Пожав плечами, Либби вернулась в кресло. Странный комбинезон военного образца и при этом старые, потертые высокие кеды. Да, и еще у него очень дорогие часы — на них с полдюжины крошечных циферблатов. Либби осмотрела часы и поняла одно: часы идут неправильно. Показывают неправильное время. Наверное, пострадали при аварии — как и их владелец.
— Насчет часов не знаю, — зевая, обратилась она к незнакомцу, — но с тобой, по-моему, все будет в порядке. — С этими словами она задремала.
Он проснулся оттого, что голова раскалывалась. Перед глазами все расплывалось. Он видел огонь — или его прекрасную имитацию. Пахло дымом… и, кажется, дождем. Он смутно помнил, как, сгорбившись, брел под дождем. Потом он сосредоточился на главном: он жив. И ему тепло. А совсем недавно было холодно и мокро; он понятия не имел, где находится. Сначала он испугался, что упал в океан. Потом из темноты кто-то появился. Женщина. У нее низкий, спокойный голос, мягкие, ласковые руки. Он попытался вспомнить что-то еще, но голова раскалывалась от боли, и у него ничего не получилось.
Потом он увидел свою спасительницу. Она сидела в старом, продавленном кресле, накрыв колени пестрым одеялом. Галлюцинация? Возможно, но галлюцинация определенно приятная. У нее темные волосы до шеи, очень густые и взлохмаченные; на них пляшут отблески огня. Она спит; ее грудь ритмично поднимается и опускается. При тусклом свете пламени кажется, что кожа у нее отсвечивает золотом. Черты лица резкие, какие то экзотические; большой рот, мягкий и расслабленный во сне.
Галлюцинации проходят; с этим ничего не поделаешь.
Он вздохнул, закрыл глаза и проспал до рассвета.
Когда он проснулся, спасительницы в кресле не оказалось. Однако в очаге по-прежнему потрескивал огонь, а через окно пробивался тусклый, бледный, водянистый свет. Хотя голова не прошла, боль стала вполне терпимой. Он осторожно ощупал повязку на лбу. Наверное, он пролежал без сознания несколько часов — а может, и дней. Снова попытался сесть, но оказалось, что он очень ослаб. Руки и ноги его не слушались.
Голова тоже отказывалась соображать. Он напряг все силы и огляделся. Оказывается, маленькое, тускло освещенное помещение, в котором он находится, сделано из камня и дерева! Ему доводилось видеть бережно сохраненные реликвии, построенные из этих устарелых, примитивных материалов. Однажды они с родителями ездили в отпуск на Запад. В стоимость тура входило посещение исторических заповедников. В некоторых из них сохранились такие вот памятники старины. Он скосил глаза к очагу и стал следить, как огонь пожирает поленья. В помещении было жарко; от очага шел запах дыма. Неужели ему предоставили убежище в музее или историческом парке? Не может быть!

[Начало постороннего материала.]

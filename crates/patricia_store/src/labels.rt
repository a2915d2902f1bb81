//! The bytes of labels in one vector.
//!
//! A label is a part of the vector. What stands there stays until all labels are relocated, so a
//! label can be cut in two with no byte moved.
ghost use Rattle.std.specs.Prelude.{◌≡◌, ◌+◌, ◌-◌, ◌<◌, ◌≤◌, ◌++◌, [], take, drop, length};
ghost use Rattle.std.specs.Prelude.{IfOk, OnOk, OnErr, IsOk, vec_len, vec_capacity};
ghost use Rattle.patricia_store.specs.Internal.Packing.{most};
ghost use Rattle.patricia_store.specs.Internal.Labels.{number_at, start_in, len_in, label_in};
ghost use Rattle.patricia_store.specs.Internal.Labels.{IsSpan, Extends, note_room, six_bytes};
ghost use Rattle.patricia_store.specs.Internal.Labels.{label_room, joined_room, cut_room};

use crate::memory::give_back;
use crate::packed::{MOST, Packed};
use std::alloc::{AllocError, Global};
use std::marker::Model;

/// Where a label is: its length and where it begins. A length of 255 says that 12 bytes are there,
/// with the number of the first byte of the label and its length, in six bytes each.
#[derive(Clone, Copy)]
pub struct Span {
    pub len: u8,
    pub offset: Packed,
}

// A label of this length or more has a note.
const LONG: usize = 255;

// How many bytes a note takes.
const NOTE: usize = 12;

/// The bytes of labels.
#[derive(Drop)]
pub struct Labels {
    bytes: Vec<u8>,
}

impl Model for Labels {
    ghost use Rattle.std.specs.Prelude.{◌≤◌, ◌-◌, min, vec_len, vec_capacity};
    ghost use Rattle.patricia_store.specs.Internal.Labels.{Bytes};
    ghost use Rattle.patricia_store.specs.Internal.Packing.{most};

    ghost Value = { Bytes };

    ghost view = { λ l. record {
      items = l.bytes.items;
      room = min (vec_capacity l.bytes) most - vec_len l.bytes;
    } };

    ghost invariant = { λ l. vec_len l.bytes ≤ most };
}

// The number in six bytes.
fn read_number(bytes: &[u8], at: usize) -> usize
    requires { at + 6 ≤ length bytes.now }
    ensures { result ≡ number_at bytes.now at }
{
    let number = bytes[at] as u64
        + 256 * bytes[at + 1] as u64
        + 65536 * bytes[at + 2] as u64
        + 16777216 * bytes[at + 3] as u64
        + 4294967296 * bytes[at + 4] as u64
        + 1099511627776 * bytes[at + 5] as u64;
    number as usize
}

// The first byte and the length of a label.
fn bounds(bytes: &[u8], span: Span) -> (usize, usize)
    requires { IsSpan bytes.now span }
    ensures start { result.0 ≡ start_in bytes.now span }
    ensures len { result.1 ≡ len_in bytes.now span }
    ensures label { take result.1 (drop result.0 bytes.now) ≡ label_in bytes.now span }
    ensures within { result.0 + result.1 ≤ length bytes.now }
{
    let offset = span.offset.get();
    if (span.len as usize) < LONG {
        (offset, span.len as usize)
    } else {
        (read_number(bytes, offset), read_number(bytes, offset + 6))
    }
}

// Adds bytes. Does not allocate.
fn add(bytes: &mut Vec<u8>, more: &[u8])
    requires { vec_len bytes.old + length more.now ≤ vec_capacity bytes.old }
    ensures items { bytes.new.items ≡ bytes.old.items ++ more.now }
    ensures length { vec_len bytes.new ≡ vec_len bytes.old + length more.now }
    ensures capacity { vec_capacity bytes.old ≤ vec_capacity bytes.new }
{
    // there is room
    let _added = bytes.extend_from_slice(more);
}

// Adds a part of the bytes behind them again. Does not allocate.
fn repeat(bytes: &mut Vec<u8>, start: usize, len: usize)
    requires within { start + len ≤ vec_len bytes.old }
    requires room { vec_len bytes.old + len ≤ vec_capacity bytes.old }
    ensures items { bytes.new.items ≡ bytes.old.items ++ take len (drop start bytes.old.items) }
    ensures length { vec_len bytes.new ≡ vec_len bytes.old + len }
    ensures capacity { vec_capacity bytes.old ≤ vec_capacity bytes.new }
{
    // there is room
    let _added = bytes.extend_from_within(start..start + len);
}

// Where a part of the bytes is that begins with one part and ends with another. Both are added
// behind all bytes, but where the second stands right behind the first. Does not allocate.
fn place_joined(bytes: &mut Vec<u8>, first: usize, n: usize, second: usize, m: usize) -> usize
    requires first { first + n ≤ vec_len bytes.old }
    requires second { second + m ≤ vec_len bytes.old }
    requires room { vec_len bytes.old + (n + m) ≤ vec_capacity bytes.old }
    ensures extends { Extends bytes.old.items bytes.new.items }
    ensures label { take (n + m) (drop result bytes.new.items)
        ≡ take n (drop first bytes.old.items) ++ take m (drop second bytes.old.items) }
    ensures within { result + (n + m) ≤ vec_len bytes.new }
    ensures length { vec_len bytes.new ≤ vec_len bytes.old + (n + m) }
    ensures capacity { vec_capacity bytes.old ≤ vec_capacity bytes.new }
{
    let end = first + n;
    if end == second {
        return first;
    }
    let start = bytes.len();
    repeat(bytes, first, n);
    repeat(bytes, second, m);
    start
}

// Adds a number in six bytes. Does not allocate.
fn push_number(bytes: &mut Vec<u8>, n: usize)
    requires small { n < most + 1 }
    requires room { vec_len bytes.old + 6 ≤ vec_capacity bytes.old }
    ensures items { bytes.new.items ≡ bytes.old.items ++ six_bytes n }
    ensures capacity { vec_capacity bytes.new ≡ vec_capacity bytes.old }
{
    bytes.push_reserved((n % 256) as u8);
    bytes.push_reserved((n / 256 % 256) as u8);
    bytes.push_reserved((n / 65536 % 256) as u8);
    bytes.push_reserved((n / 16777216 % 256) as u8);
    bytes.push_reserved((n as u64 / 4294967296 % 256) as u8);
    bytes.push_reserved((n as u64 / 1099511627776) as u8);
}

// Where this part of the bytes is. One of 255 bytes or more gets a note. Does not allocate.
fn note(bytes: &mut Vec<u8>, start: usize, len: usize) -> Span
    requires within { start + len ≤ vec_len bytes.old }
    requires small { vec_len bytes.old + note_room len ≤ most }
    requires room { vec_len bytes.old + note_room len ≤ vec_capacity bytes.old }
    ensures extends { Extends bytes.old.items bytes.new.items }
    ensures span { IsSpan bytes.new.items result }
    ensures label { label_in bytes.new.items result ≡ take len (drop start bytes.old.items) }
    ensures length { vec_len bytes.new ≡ vec_len bytes.old + note_room len }
    ensures capacity { vec_capacity bytes.new ≡ vec_capacity bytes.old }
{
    if len < LONG {
        return Span {
            len: len as u8,
            offset: Packed::new(start),
        };
    }
    let offset = bytes.len();
    push_number(bytes, start);
    push_number(bytes, len);
    Span {
        len: 255,
        offset: Packed::new(offset),
    }
}

/// How many bytes a label of this length takes.
pub fn label_room(len: usize) -> usize
    requires { len ≤ 18446744073709551603 }
    ensures { result ≡ label_room len }
{
    if len < LONG { len } else { len + NOTE }
}

/// How many bytes the notes take of the two parts of a label of this length.
pub fn cut_room(len: usize) -> usize
    ensures { result ≡ cut_room len }
{
    if len < LONG { 0 } else { 2 * NOTE }
}

impl Labels {
    /// No byte. Does not allocate.
    pub fn new(alloc: Global) -> Labels
        ensures { result.items ≡ [] }
    {
        Labels {
            bytes: Vec::new(alloc),
        }
    }

    /// The label that is there.
    pub fn get(&self, span: Span) -> &[u8]
        requires { IsSpan self.now.items span }
        ensures label { result.now ≡ label_in self.now.items span }
        ensures short { length result.now ≤ most }
    {
        let (start, len) = bounds(self.bytes.as_slice(), span);
        &self.bytes[start..start + len]
    }

    /// The bytes from the label on that is there, and how many of them it has.
    pub fn get_onwards(&self, span: Span) -> (&[u8], usize)
        requires { IsSpan self.now.items span }
        ensures label { take result.1 result.0.now ≡ label_in self.now.items span }
        ensures within { result.1 ≤ length result.0.now }
    {
        let (start, len) = bounds(self.bytes.as_slice(), span);
        (&self.bytes[start..], len)
    }

    /// Adds a label. Does not allocate.
    pub fn push(&mut self, label: &[u8]) -> Span
        requires { label_room (length label.now) ≤ self.old.room }
        ensures extends { Extends self.old.items self.new.items }
        ensures span { IsSpan self.new.items result }
        ensures label { label_in self.new.items result ≡ label.now }
        ensures length { length self.new.items
            ≡ length self.old.items + label_room (length label.now) }
        ensures room { self.old.room ≤ self.new.room + label_room (length label.now) }
    {
        if label.is_empty() {
            return Span {
                len: 0,
                offset: Packed::new(0),
            };
        }
        let start = self.bytes.len();
        add(&mut self.bytes, label);
        note(&mut self.bytes, start, label.len())
    }

    /// Adds the label that begins with `upper` and ends with `lower`. Does not allocate.
    pub fn push_joined(&mut self, upper: &[u8], lower: &[u8]) -> Span
        requires { joined_room (length upper.now) (length lower.now) ≤ self.old.room }
        ensures extends { Extends self.old.items self.new.items }
        ensures span { IsSpan self.new.items result }
        ensures label { label_in self.new.items result ≡ upper.now ++ lower.now }
        ensures room { self.old.room
            ≤ self.new.room + joined_room (length upper.now) (length lower.now) }
    {
        let start = self.bytes.len();
        add(&mut self.bytes, upper);
        add(&mut self.bytes, lower);
        note(&mut self.bytes, start, upper.len() + lower.len())
    }

    /// The label that begins with one and ends with another. Adds no byte of it where the second
    /// stands right behind the first. Does not allocate.
    pub fn join(&mut self, upper: Span, lower: Span) -> Span
        requires upper { IsSpan self.old.items upper }
        requires lower { IsSpan self.old.items lower }
        requires room { joined_room (len_in self.old.items upper) (len_in self.old.items lower)
            ≤ self.old.room }
        ensures extends { Extends self.old.items self.new.items }
        ensures span { IsSpan self.new.items result }
        ensures label { label_in self.new.items result
            ≡ label_in self.old.items upper ++ label_in self.old.items lower }
        ensures room { self.old.room ≤ self.new.room
            + joined_room (len_in self.old.items upper) (len_in self.old.items lower) }
    {
        let (first, n) = bounds(self.bytes.as_slice(), upper);
        let (second, m) = bounds(self.bytes.as_slice(), lower);
        let start = place_joined(&mut self.bytes, first, n, second, m);
        note(&mut self.bytes, start, n + m)
    }

    /// The first `n` bytes of a label, or all where there are fewer, and the others. Does not
    /// allocate, and copies no byte of it.
    pub fn cut(&mut self, span: Span, n: usize) -> (Span, Span)
        requires span { IsSpan self.old.items span }
        requires room { cut_room (len_in self.old.items span) ≤ self.old.room }
        ensures extends { Extends self.old.items self.new.items }
        ensures first { IsSpan self.new.items result.0 }
        ensures last { IsSpan self.new.items result.1 }
        ensures front { label_in self.new.items result.0
            ≡ take n (label_in self.old.items span) }
        ensures back { label_in self.new.items result.1 ≡ drop n (label_in self.old.items span) }
        ensures room { self.old.room
            ≤ self.new.room + cut_room (len_in self.old.items span) }
    {
        let (start, len) = bounds(self.bytes.as_slice(), span);
        let n = n.min(len);
        let front = note(&mut self.bytes, start, n);
        let back = note(&mut self.bytes, start + n, len - n);
        (front, back)
    }
}

impl Labels {
    /// No byte, with room for some.
    pub fn with_capacity(alloc: Global, capacity: usize) -> Result<Labels, AllocError>
        ensures items { IfOk result (λ l. l.items ≡ []) }
        ensures room { IfOk result (λ l. capacity ≤ l.room) }
        ensures succeeds { capacity ≡ 0 → IsOk result }
    {
        if capacity > MOST {
            return Err(AllocError);
        }
        let bytes = Vec::with_capacity(alloc, capacity)?;
        Ok(Labels { bytes })
    }

    /// The same bytes in a vector of their own, which is reserved once.
    pub fn try_clone(&self, alloc: Global) -> Result<Labels, AllocError>
        ensures { IfOk result (λ l. l.items ≡ self.now.items) }
    {
        Ok(Labels {
            bytes: Vec::from_slice(alloc, self.bytes.as_slice())?,
        })
    }

    /// How many bytes there are.
    pub fn len(&self) -> usize
        ensures value { result ≡ length self.now.items }
        ensures small { result ≤ most }
    {
        self.bytes.len()
    }

    /// How many more bytes there is room for.
    pub fn room(&self) -> usize
        ensures value { result ≡ self.now.room }
        ensures few { length self.now.items + result ≤ most }
    {
        self.bytes.capacity().min(MOST) - self.bytes.len()
    }

    /// Makes room for so many bytes more.
    pub fn reserve(&mut self, more: usize) -> Result<(), AllocError>
        ensures items { self.new.items ≡ self.old.items }
        ensures room { OnOk result (more ≤ self.new.room) }
        ensures kept { self.old.room ≤ self.new.room }
        ensures same { more ≤ self.old.room → self.new.room ≡ self.old.room }
        ensures refused { OnErr result (self.new.room ≡ self.old.room) }
        ensures succeeds { more ≤ self.old.room → IsOk result }
    {
        let len = self.bytes.len();
        if more > MOST - len {
            return Err(AllocError);
        }
        if more <= self.bytes.capacity() - len {
            return Ok(());
        }
        let growth = more.max(len / 4).max(64);
        self.bytes.reserve_exact(growth)
    }

    /// Gives the bytes back.
    pub fn give_back(self) {
        give_back(self.bytes);
    }

    /// Drops all bytes.
    pub fn clear(&mut self)
        ensures items { self.new.items ≡ [] }
        ensures room { self.old.room ≤ self.new.room }
    {
        self.bytes.clear();
    }
}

— А, проснулись! — Либби остановилась на пороге. В руках она держала чайную чашку. Когда незнакомец молча воззрился на нее, она ободряюще улыбнулась и подошла к дивану. Вид у него был такой беспомощный, что она легко преодолела застенчивость, от которой страдала всю жизнь. — А я волновалась за вас. — Она присела на край дивана и пощупала ему пульс.

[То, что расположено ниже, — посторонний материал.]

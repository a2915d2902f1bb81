//! The nodes of a tree in little memory: a head of 14 bytes for each, which is all that a look-up
//! reads of most nodes, a body with the value, and the bytes of all labels in one vector.
//!
//! `patricia_tree` is the library to use. It depends on this crate.
#![tactic(auto)]

mod body;
mod draft;
pub mod examples;
mod head;
mod interleave;
mod labels;
mod laying;
mod memory;
mod order;
mod packed;
pub mod store;

pub use labels::label_room;
pub use order::moved_link;
pub use store::Store;
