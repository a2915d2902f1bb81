//! Numbers below 2^48 in six bytes.
ghost use Rattle.std.specs.Prelude.{◌≡◌, ◌+◌, ◌<◌};
ghost use Rattle.patricia_store.specs.Internal.Packing.{number, packed, most};

use std::mem;

/// The greatest number, and the most bytes that a store has. With a `usize` of 32 bits it is the
/// greatest `usize`, which is no length either.
pub const MOST: usize = 281474976710655u64 as usize;

/// The most nodes that a store has. The number of the next one is less than `MOST`.
pub const MOST_NODES: usize = MOST - 1;

/// A number below 2^48, in three parts of 16 bits from the lowest.
#[derive(Clone, Copy)]
pub struct Packed {
    low: u16,
    middle: u16,
    high: u16,
}

const _: () = prove!(mem::size_of::<Packed>() == 6);

const _: () = prove!(mem::align_of::<Packed>() == 2);

impl Packed {
    /// This number.
    pub fn new(n: usize) -> Packed
        requires { n < most + 1 }
        ensures { result ≡ packed n }
    {
        Packed {
            low: (n % 65536) as u16,
            middle: (n / 65536 % 65536) as u16,
            high: (n as u64 / 4294967296) as u16,
        }
    }

    /// The number.
    pub fn get(self) -> usize
        ensures value { result ≡ number self }
        ensures small { result < most + 1 }
    {
        let lower = self.low as u32 + 65536 * self.middle as u32;
        (lower as u64 + 4294967296 * self.high as u64) as usize
    }
}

Наконец- то он смог как следует разглядеть свою спасительницу. Она успела причесаться, разделив волосы на косой пробор. Оказывается, они у нее светло-каштановые. Он решил, что слово «экзотическая» все-таки лучше всего подходит для описания ее внешности: миндалевидные глаза, тонкий нос, полные губы. В профиль она напомнила ему одну картину, изображавшую древнеегипетскую царицу Клеопатру. Пальцы, лежавшие у него на запястье, оказались прохладными.
— Кто вы?
«Состояние стабилизировалось», — думала Либби, кивая и продолжая считать пульс. Да, он заметно окреп.

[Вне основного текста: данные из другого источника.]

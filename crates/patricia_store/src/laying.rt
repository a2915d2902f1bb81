//! Labels that are laid one behind another in the order of their nodes.
ghost use Rattle.std.specs.Prelude.{◌≡◌, ◌+◌, ◌<◌, ◌≤◌, length, vec_capacity, IfSome, IfNone};
ghost use Rattle.patricia_store.specs.Internal.Packing.{most};
ghost use Rattle.patricia_store.specs.Internal.Heads.{child_in, with_child};
ghost use Rattle.patricia_store.specs.Internal.Bodies.{span_in, value_in, body_of};
ghost use Rattle.patricia_store.specs.Internal.Labels.{label_in, label_room, IsSpan, Extends};
ghost use Rattle.patricia_store.specs.Internal.Stores.{nodes_of, AreSound, AreSpans, spans_room};

use crate::body::Body;
use crate::head::Head;
use crate::labels::{Labels, Span, label_room};

/// How many bytes the labels of all nodes take, where that is no more than `limit`.
pub fn needed_bytes<V>(bodies: &Vec<Body<V>>, labels: &Labels, limit: usize) -> Option<usize>
    requires spans { AreSpans labels.now.items bodies.now.items }
    requires small { limit ≤ most }
    ensures value { IfSome result (λ n. n ≡ spans_room labels.now.items bodies.now.items) }
    ensures fits { IfSome result (λ n. n ≤ limit) }
    ensures more { IfNone result (limit < spans_room labels.now.items bodies.now.items) }
{
    let mut total = 0;
    let mut id = 0;
    while id < bodies.len() {
        total += label_room(labels.get(bodies[id].span()).len());
        if total > limit {
            return None;
        }
        id += 1;
    }
    Some(total)
}

// Adds the label of a node to a list of labels, where the node has it from then on. Returns where
// it is. Does not allocate.
fn lay_label<V>(head: &mut Head, body: &mut Body<V>, labels: &Labels, laid: &mut Labels) -> Span
    requires span { IsSpan labels.now.items (span_in body.old) }
    requires room { label_room (length (label_in labels.now.items (span_in body.old)))
        ≤ laid.old.room }
    ensures head { head.new ≡ with_child (child_in head.old) result.offset head.old }
    ensures body { body.new ≡ body_of result (value_in body.old) }
    ensures extends { Extends laid.old.items laid.new.items }
    ensures span { IsSpan laid.new.items result }
    ensures label { label_in laid.new.items result
        ≡ label_in labels.now.items (span_in body.old) }
    ensures length { length laid.new.items ≡ length laid.old.items
        + label_room (length (label_in labels.now.items (span_in body.old))) }
    ensures room { laid.old.room ≤ laid.new.room
        + label_room (length (label_in labels.now.items (span_in body.old))) }
{
    let span = laid.push(labels.get(body.span()));
    head.set_child(head.child(), span.offset);
    body.set_span(span);
    span
}

/// Adds the labels of all nodes to a list of labels, in the order of the nodes, which have them
/// there from then on. Does not allocate.
pub fn lay<V>(heads: &mut Vec<Head>, bodies: &mut Vec<Body<V>>, labels: &Labels, laid: &mut Labels)
    requires sound { AreSound heads.old.items bodies.old.items labels.now.items }
    requires room { spans_room labels.now.items bodies.old.items ≤ laid.old.room }
    ensures sound { AreSound heads.new.items bodies.new.items laid.new.items }
    ensures nodes { nodes_of heads.new.items bodies.new.items laid.new.items
        ≡ nodes_of heads.old.items bodies.old.items labels.now.items }
    ensures length { length laid.new.items
        ≡ length laid.old.items + spans_room labels.now.items bodies.old.items }
    ensures room { laid.old.room
        ≤ laid.new.room + spans_room labels.now.items bodies.old.items }
    ensures heads_capacity { vec_capacity heads.new ≡ vec_capacity heads.old }
    ensures bodies_capacity { vec_capacity bodies.new ≡ vec_capacity bodies.old }
{
    let mut id = 0;
    while id < heads.len() {
        let _span = lay_label(&mut heads[id], &mut bodies[id], labels, laid);
        id += 1;
    }
}
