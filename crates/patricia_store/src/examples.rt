//! Worked rows of what is packed, as contracts of functions that do nothing.
ghost use Rattle.std.specs.Prelude.{◌≡◌, ◌+◌, ◌*◌, Some, None, [], ◌∷◌, ◌++◌, replicate};
ghost use Rattle.patricia_store.specs.Internal.Packing.{number, packed};
ghost use Rattle.patricia_store.specs.Internal.Heads.{word_of, head_of, child_in, sibling_in};
ghost use Rattle.patricia_store.specs.Internal.Heads.{offset_in};
ghost use Rattle.patricia_store.specs.Internal.Nodes.{Splits, Joins, IsRun, EndsRun, labels_room};
ghost use Rattle.patricia_store.specs.Internal.Renumbering.{KeepsRearranged};
ghost use Rattle.patricia_store.specs.Internal.Examples.{some_nodes, whole_label, cut_label};
ghost use Rattle.patricia_store.specs.Internal.Examples.{joined_label, child_behind};
ghost use Rattle.patricia_store.specs.Internal.Examples.{child_before, siblings};
ghost use Rattle.patricia_store.specs.Internal.Labels.{label_in, label_room, cut_room, six_bytes};
ghost use Rattle.patricia_store.specs.Internal.Labels.{joined_room};

/// Numbers where a part of 16 bits is full, and the greatest.
pub fn parts_of_numbers()
    ensures full { packed 65535 ≡ record { low = 65535; middle = 0; high = 0 } }
    ensures second { packed 65536 ≡ record { low = 0; middle = 1; high = 0 } }
    ensures third { packed 4294967296 ≡ record { low = 0; middle = 0; high = 1 } }
    ensures greatest { packed 281474976710655
        ≡ record { low = 65535; middle = 65535; high = 65535 } }
    ensures back { number (packed 281474976710655) ≡ 281474976710655 }
{}

/// The bits of a node with the label `a`, before the node 7: alone, with the next node for its
/// sibling, and with another one and a child.
pub fn words()
    ensures alone { word_of 7 None None (97 ∷ []) ≡ 32768 + (128 * 97 + (64 + 1)) }
    ensures followed { word_of 7 None (Some 7) (97 ∷ []) ≡ 128 * 97 + (64 + 1) }
    ensures inner { word_of 7 (Some 9) (Some 8) (97 ∷ []) ≡ 32768 + (128 * 97 + 1) }
{}

/// Six bits have the length of a label of 62 bytes, and 63 for any longer one.
pub fn lengths()
    ensures none { word_of 7 (Some 9) (Some 7) [] ≡ 0 }
    ensures noted { word_of 7 (Some 9) (Some 7) (replicate 62 1) ≡ 128 + 62 }
    ensures least { word_of 7 (Some 9) (Some 7) (replicate 63 1) ≡ 128 + 63 }
    ensures longer { word_of 7 (Some 9) (Some 7) (replicate 64 1) ≡ 128 + 63 }
{}

/// The greatest number of a node is a link, and a node without a child has the place of its label
/// in the place of that link.
pub fn links()
    ensures child { child_in (head_of 7 (Some 281474976710654) None [] (packed 5))
        ≡ Some 281474976710654 }
    ensures sibling { sibling_in (head_of 7 None (Some 281474976710654) [] (packed 5))
        ≡ Some 281474976710654 }
    ensures first { sibling_in (head_of 7 None (Some 0) [] (packed 5)) ≡ Some 0 }
    ensures none { sibling_in (head_of 7 None None [] (packed 5)) ≡ None }
    ensures leaf { child_in (head_of 7 None None [] (packed 5)) ≡ None }
    ensures place { offset_in (head_of 7 None None [] (packed 5)) ≡ Some (packed 5) }
    ensures no_place { offset_in (head_of 7 (Some 0) None [] (packed 5)) ≡ None }
{}

/// A label is a part of the bytes, and one of 255 bytes or more has a note of twelve bytes.
pub fn labels()
    ensures part { label_in (7 ∷ 8 ∷ 9 ∷ 10 ∷ []) (record { len = 2; offset = packed 1 })
        ≡ 8 ∷ 9 ∷ [] }
    ensures longest { label_in (replicate 254 7) (record { len = 254; offset = packed 0 })
        ≡ replicate 254 7 }
    ensures noted { label_in (replicate 255 7 ++ (six_bytes 0 ++ six_bytes 255))
        (record { len = 255; offset = packed 255 }) ≡ replicate 255 7 }
    ensures short_room { label_room 254 ≡ 254 }
    ensures long_room { label_room 255 ≡ 267 }
    ensures joined { joined_room 200 54 ≡ 254 }
    ensures joined_long { joined_room 200 55 ≡ 267 }
    ensures cut { cut_room 254 ≡ 0 }
    ensures cut_long { cut_room 255 ≡ 24 }
    ensures together { labels_room cut_label ≡ 3 }
{}

/// A cut label, and what joins the two parts again.
pub fn cut_and_joined()
    ensures cut { Splits (some_nodes whole_label) (some_nodes cut_label) 0 1 1 (Some 2) None }
    ensures joined { Joins (some_nodes cut_label) (some_nodes joined_label) 0 1 (Some 7) (Some 1)
        (Some 2) }
{}

/// Two nodes that change places are linked by their new numbers.
pub fn rearranged()
    ensures { KeepsRearranged 2 (1 ∷ 0 ∷ []) (1 ∷ 0 ∷ []) child_behind child_before }
{}

/// A run up to c passes a and b, and one up to z ends at c too, whose sibling does not come next.
pub fn runs()
    ensures before { IsRun (some_nodes siblings) 99 0 2 }
    ensures last { IsRun (some_nodes siblings) 122 0 2 }
    ensures none { IsRun (some_nodes siblings) 97 0 0 }
    ensures at_once { EndsRun (some_nodes siblings) 97 0 }
    ensures elsewhere { EndsRun (some_nodes siblings) 122 2 }
{}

— Я не Флоренс Найтингейл, и все же лучше меня у вас никого нет. — Она снова улыбнулась и, по очереди приподняв ему веки, внимательно осмотрела зрачки. — А ну-ка, скажите, сколько женщин вы сейчас видите перед собой?
— А сколько надо?
Спасительница улыбнулась и поправила ему подушку.
— Я всего одна, но у вас сотрясение мозга, возможно, у вас в глазах двоится.
— Я вижу только вас одну. — Улыбаясь, он поднял руку и дотронулся до ее чуть заостренного подбородка. — Только одну красавицу.